I’ve written about the Roadmap Week and the Roadmap Pack that comes with it. Now it’s time to go deeper into Roadmap Day.
But before we go into the Day, here’s what you should know:
1. It’s critically important to both compile a good Roadmap Pack as well as run solid Roadmap Sessions during the week. This is what equips teams to understand the Opportunity space and design a performant Solution space.
2. During the previous days (even weeks), each squad should’ve saved time for thinking, discussing and going through their learnings over the past quarter. If this wasn’t done, Roadmap Day won’t be as effective.
Now onto Roadmap Day👇
Generally the day starts with a Kickoff that sets the agenda and delivers a Key Message. The message should be around company focus. Maybe it’s growth. Maybe it’s profitability. Maybe it’s innovating. Maybe it’s consolidation. You generally have an underlying message that narrates the OKRs. This aligns all squad mindsets.

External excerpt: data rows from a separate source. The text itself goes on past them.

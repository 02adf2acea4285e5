//! The walk over the leaves of definitions, and the scopes in them.

ghost use Rattle.std.specs.Prelude.{◌≡◌, List, IfOk, false, option_map};
ghost use Rattle.comp_model.specs.CoreModules.{CoreModule};
ghost use Rattle.comp_model.specs.Model as m;
ghost use Rattle.comp_tree.specs.Model.{id_of, leaf_of, scope_of, names_at};
ghost use Rattle.comp_tree.specs.Lists.{listed, node_of, nodes_listed};
ghost use Rattle.comp_tree.specs.Marks.{inside_of, inside_listed, nodes_inside, marks_of};
ghost use Rattle.comp_tree.specs.Entries.{entries_of};
ghost use Rattle.tree_expand.specs.Known.{Shows};
ghost use Rattle.tree_expand.specs.Passed.{Noted};
ghost use Rattle.tree_expand.specs.Walked.{state_of, LeafWalked, LeavesWalked, NodesWalked, InlineWalked, BundleWalked, scope_state, built_state, number_here, DefWalked, ScopeWalked};

use crate::ended::finish_def;
use crate::exports::push_exports;
use crate::inline::{name_bundle, name_inline};
use crate::inlines::scope_inlines;
use crate::key::{begun, push_leaf};
use crate::known::{Known, push_part, push_type};
use crate::names::{first_id_of, given_names_of};
use crate::parts::{
    Built, Own, Parts, all_walked, enter, finish, pass_core_value, pass_left, pass_place,
    push_walked,
};
use crate::places::Places;
use crate::position::Position;
use crate::stays::scope_stays;
use bumpalo::Bump;
use comp_model::Space;
use comp_tree::{Def, Leaf, Node, Scope, place};
use std::alloc::{AllocError, Global};
use std::mem;
use type_keys::KeyPart;
use wast_parser::{Gensym, Id};

/// What a leaf becomes, and whether it has changed.
#[cycle(walk)]
fn walk_leaf<'t, 'a>(
    alloc: Global,
    bump: &'t Bump,
    leaf: Leaf<'t, 'a>,
    at: &Position<'t, 'a>,
    parts: &mut Parts<'t, 'a>,
    gensym: &mut Gensym,
) -> Result<(bool, Leaf<'t, 'a>), AllocError>
    ensures walked { (cores : List CoreModule) → IfOk result (λ r. LeafWalked cores at.now (leaf_of cores leaf.entry) (leaf_of cores r.1) (inside_of cores r.1) (state_of cores parts.old gensym.old) (state_of cores parts.new gensym.new)) }
    ensures same { IfOk result (λ r. r.0 ≡ false → r.1 ≡ leaf.entry) }
{
    push_leaf(&mut parts.own.key, &leaf)?;
    match leaf {
        Leaf::CoreValue(value) => {
            pass_core_value(alloc, value, &mut parts.reference, &mut parts.own.places)?;
            Ok((false, leaf))
        }
        Leaf::Numeral(_, _, _) => {
            pass_left(alloc, &mut parts.reference, &mut parts.own.places)?;
            Ok((false, leaf))
        }
        Leaf::Name(_, _, _) => {
            pass_left(alloc, &mut parts.reference, &mut parts.own.places)?;
            Ok((false, leaf))
        }
        Leaf::Path(_, _) => {
            pass_left(alloc, &mut parts.reference, &mut parts.own.places)?;
            Ok((false, leaf))
        }
        Leaf::Present(inner) => {
            let (changed, inner) = walk_leaf(alloc, bump, *inner, at, parts, gensym)?;
            if changed {
                let placed = place(bump, inner)?;
                Ok((true, Leaf::Present(placed)))
            } else {
                Ok((false, leaf))
            }
        }
        Leaf::Node(node) => {
            let (changed, leaves) = walk_leaves(alloc, bump, node.leaves, at, parts, gensym)?;
            if changed {
                let row = node.row;
                let span = node.span;
                let placed = place(bump, Node { row, span, leaves })?;
                Ok((true, Leaf::Node(placed)))
            } else {
                Ok((false, leaf))
            }
        }
        Leaf::Nodes(nodes) => {
            let (changed, nodes) = walk_nodes(alloc, bump, nodes, at, parts, gensym)?;
            push_part(&mut parts.own.key, KeyPart::End)?;
            if changed {
                Ok((true, Leaf::Nodes(nodes)))
            } else {
                Ok((false, leaf))
            }
        }
        Leaf::Inline(space, node) => {
            let leaf = walk_inline(alloc, bump, space, node, at, parts, gensym)?;
            Ok((true, leaf))
        }
        Leaf::Bundle(space, node) => {
            let leaf = walk_bundle(alloc, bump, space, node, at, parts, gensym)?;
            Ok((true, leaf))
        }
        Leaf::Scope(scope) => {
            let scope = walk_scope(alloc, bump, scope, gensym)?;
            let placed = place(bump, scope)?;
            Ok((true, Leaf::Scope(placed)))
        }
        Leaf::Text(_) => Ok((false, leaf)),
        Leaf::Pieces(_) => Ok((false, leaf)),
        Leaf::Number(_) => Ok((false, leaf)),
        Leaf::Kind(_) => Ok((false, leaf)),
        Leaf::Place(_) => Ok((false, leaf)),
        Leaf::Absent => Ok((false, leaf)),
        Leaf::CaseId(_) => Ok((false, leaf)),
        Leaf::Results(_) => Ok((false, leaf)),
        Leaf::Core(_) => Ok((false, leaf)),
    }
}

/// What leaves become, and whether any has changed.
#[cycle(walk)]
fn walk_leaves<'t, 'a>(
    alloc: Global,
    bump: &'t Bump,
    leaves: &'t [Leaf<'t, 'a>],
    at: &Position<'t, 'a>,
    parts: &mut Parts<'t, 'a>,
    gensym: &mut Gensym,
) -> Result<(bool, &'t [Leaf<'t, 'a>]), AllocError>
    ensures walked { (cores : List CoreModule) → IfOk result (λ r. LeavesWalked cores at.now (listed cores leaves.now) (listed cores r.1.now) (inside_listed cores r.1.now) (state_of cores parts.old gensym.old) (state_of cores parts.new gensym.new)) }
    ensures same { IfOk result (λ r. r.0 ≡ false → r.1.now ≡ leaves.now) }
{
    let mut walked = Vec::new(alloc);
    let mut changed = false;
    for (i, leaf) in leaves.iter().enumerate() {
        let (now, new) = walk_leaf(alloc, bump, *leaf, at, parts, gensym)?;
        changed = push_walked(&mut walked, changed, leaves, i, now, new)?;
    }
    all_walked(bump, changed, &walked, leaves)
}

/// What the entries of a list become, and whether any has changed.
#[cycle(walk)]
fn walk_nodes<'t, 'a>(
    alloc: Global,
    bump: &'t Bump,
    nodes: &'t [Node<'t, 'a>],
    at: &Position<'t, 'a>,
    parts: &mut Parts<'t, 'a>,
    gensym: &mut Gensym,
) -> Result<(bool, &'t [Node<'t, 'a>]), AllocError>
    ensures walked { (cores : List CoreModule) → IfOk result (λ r. NodesWalked cores at.now (nodes_listed cores nodes.now) (nodes_listed cores r.1.now) (nodes_inside cores r.1.now) (state_of cores parts.old gensym.old) (state_of cores parts.new gensym.new)) }
    ensures same { IfOk result (λ r. r.0 ≡ false → r.1.now ≡ nodes.now) }
{
    let mut walked = Vec::new(alloc);
    let mut changed = false;
    for (i, node) in nodes.iter().enumerate() {
        let row = node.row;
        push_part(&mut parts.own.key, KeyPart::Row(row.number()))?;
        let (now, leaves) = walk_leaves(alloc, bump, node.leaves, at, parts, gensym)?;
        push_part(&mut parts.own.key, KeyPart::End)?;
        let span = node.span;
        changed = push_walked(
            &mut walked,
            changed,
            nodes,
            i,
            now,
            Node { row, span, leaves },
        )?;
    }
    all_walked(bump, changed, &walked, nodes)
}

/// What an inline node becomes: the name of the definition that it reuses, or a definition behind those inside it, and its name. The key of
/// the node around it has its space already.
#[cycle(walk)]
fn walk_inline<'t, 'a>(
    alloc: Global,
    bump: &'t Bump,
    space: Space,
    node: &'t Node<'t, 'a>,
    at: &Position<'t, 'a>,
    parts: &mut Parts<'t, 'a>,
    gensym: &mut Gensym,
) -> Result<Leaf<'t, 'a>, AllocError>
    ensures { (cores : List CoreModule) → IfOk result (λ r. InlineWalked cores at.now space node.now.row (listed cores node.now.leaves.now) (leaf_of cores r) (inside_of cores r) (state_of cores parts.old gensym.old) (state_of cores parts.new gensym.new)) }
{
    let reach = at.generated_reach();
    let number = pass_place(alloc, &mut parts.reference, &mut parts.own.places)?;
    match at.reuse(alloc, node.row, node.leaves, &mut parts.reference)? {
        Some(id) => {
            push_type(&mut parts.own.key, None)?;
            let name = place(bump, id)?;
            Ok(Leaf::Name(space, reach, name))
        }
        None => {
            let key = begun(alloc, node.row, true)?;
            let outer = enter(alloc, &mut parts.own, key);
            let (_, leaves) = walk_leaves(alloc, bump, node.leaves, at, parts, gensym)?;
            let mut inner = mem::replace(&mut parts.own, outer);
            let name = name_inline(
                bump,
                at.definition(),
                number,
                node,
                leaves,
                &mut inner,
                parts,
                gensym,
            )?;
            Ok(Leaf::Name(space, reach, name))
        }
    }
}

/// What a bundle becomes: a definition behind those for inline nodes, and its name. The key of the node around it is given up already.
#[cycle(walk)]
fn walk_bundle<'t, 'a>(
    alloc: Global,
    bump: &'t Bump,
    space: Space,
    node: &'t Node<'t, 'a>,
    at: &Position<'t, 'a>,
    parts: &mut Parts<'t, 'a>,
    gensym: &mut Gensym,
) -> Result<Leaf<'t, 'a>, AllocError>
    ensures { (cores : List CoreModule) → IfOk result (λ r. BundleWalked cores at.now space node.now.row (listed cores node.now.leaves.now) (leaf_of cores r) (inside_of cores r) (state_of cores parts.old gensym.old) (state_of cores parts.new gensym.new)) }
{
    let reach = at.generated_reach();
    let number = pass_place(alloc, &mut parts.reference, &mut parts.own.places)?;
    let outer = enter(alloc, &mut parts.own, None);
    let (_, leaves) = walk_leaves(alloc, bump, node.leaves, at, parts, gensym)?;
    let inner = mem::replace(&mut parts.own, outer);
    let name = name_bundle(
        bump,
        at.definition(),
        number,
        node,
        leaves,
        &inner,
        &mut parts.own.bundles,
        gensym,
    )?;
    Ok(Leaf::Name(space, reach, name))
}

/// What a definition becomes, behind those of its scope so far, and the id of its first part.
#[cycle(walk)]
fn walk_def<'t, 'a>(
    alloc: Global,
    bump: &'t Bump,
    def: &'t Def<'t, 'a>,
    at: &Position<'t, 'a>,
    built: &mut Built<'t, 'a>,
    gensym: &mut Gensym,
) -> Result<Option<Id<'a>>, AllocError>
    ensures { (cores : List CoreModule) (xs : List Noted) → Shows built.old.known xs → IfOk result (λ id. DefWalked xs (number_here (scope_of cores at.now.scope) at.now.inlines (names_at def.now.span.offset def.now.names.now) def.now.node.row (listed cores def.now.node.leaves.now) (scope_state cores built.old at.now gensym.old) xs) (scope_state cores built.old at.now gensym.old) (built_state cores built.new (option_map id_of id) gensym.new)) }
{
    let names = given_names_of(alloc, bump, at.kind(), at.inlines(), def, gensym)?;
    let key = begun(alloc, def.node.row, at.inlines())?;
    let known = mem::replace(&mut built.known, Known::new(alloc));
    let mut parts = Parts {
        inlined: Vec::new(alloc),
        own: Own {
            bundles: Vec::new(alloc),
            places: Places::new(alloc),
            key,
        },
        reference: 0,
        known,
    };
    let (_, leaves) = walk_leaves(alloc, bump, def.node.leaves, at, &mut parts, gensym)?;
    finish_def(
        bump,
        &mut built.defs,
        &mut parts,
        at.definition(),
        at.inlines(),
        def,
        names,
        leaves,
    )?;
    mem::swap(&mut built.known, &mut parts.known);
    let id = first_id_of(names.ids);
    push_exports(alloc, bump, &mut built.exports, id, at.definition(), def)?;
    Ok(id)
}

/// What a scope becomes: itself, where nothing in it becomes a definition of its own.
#[cycle(walk)]
pub(crate) fn walk_scope<'t, 'a>(
    alloc: Global,
    bump: &'t Bump,
    scope: &'t Scope<'t, 'a>,
    gensym: &mut Gensym,
) -> Result<Scope<'t, 'a>, AllocError>
    ensures { (cores : List CoreModule) → IfOk result (λ r. ScopeWalked (scope_of cores scope.now) (scope_of cores r) (marks_of cores r) gensym.old.made gensym.new.made) }
{
    if scope_stays(scope) {
        return Ok(*scope);
    }
    let mut at = Position::new(alloc, *scope, scope_inlines(scope));
    let mut built = Built {
        defs: Vec::new(alloc),
        exports: Vec::new(alloc),
        known: Known::new(alloc),
    };
    for def in scope.defs {
        let id = walk_def(alloc, bump, def, &at, &mut built, gensym)?;
        at.pass(alloc, id)?;
    }
    let defs = finish(bump, built)?;
    Ok(Scope {
        kind: scope.kind,
        id: scope.id,
        label: scope.label,
        defs,
    })
}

Then the first hour is focused on Data, Metrics and Squad KPIs. The questions I ask are “Are you tracking the right metrics? What visualizations are you missing? What did you learn from your metric progress?”. This refreshes people’s focus on moving numbers and guarantees we always go into quarter with data.
The rest of the morning is focused on Opportunity space. Using a Tree approach (generally Teresa Torres OST serves as the backdrop) the team lines up the opportunities linked to their main goals. These should be connected to insights from the Roadmap Pack.
In the afternoon each team jumps into Solution space. The goal is to create tree branches of hypothesis to seize identified opportunities. We aim to go wider (more ideas) rather then deeper (defined scopes).
During Opportunity and Solution design, we also encourage teams to add Tech Debt and Carry Overs since these will impact capacity.
The final part of the day are Tree Presentations (making the work transparent pushes teams to do their best) and Mix & Match (where people from different squads dive into other roadmaps and offer suggestions).
By the end you should have a solid tree with opportunities, solutions and a basis to create initiatives (epics). These aren’t the scopes for the quarter (you still need to run epic discovery). Of course, the next step is a follow up with relevant stakeholders, alignment of priorities with Product Leaders and assessing your team capacities.
PS: thanks Tim Gregory for inspiring me to go deeper into the outcome of Roadmap week.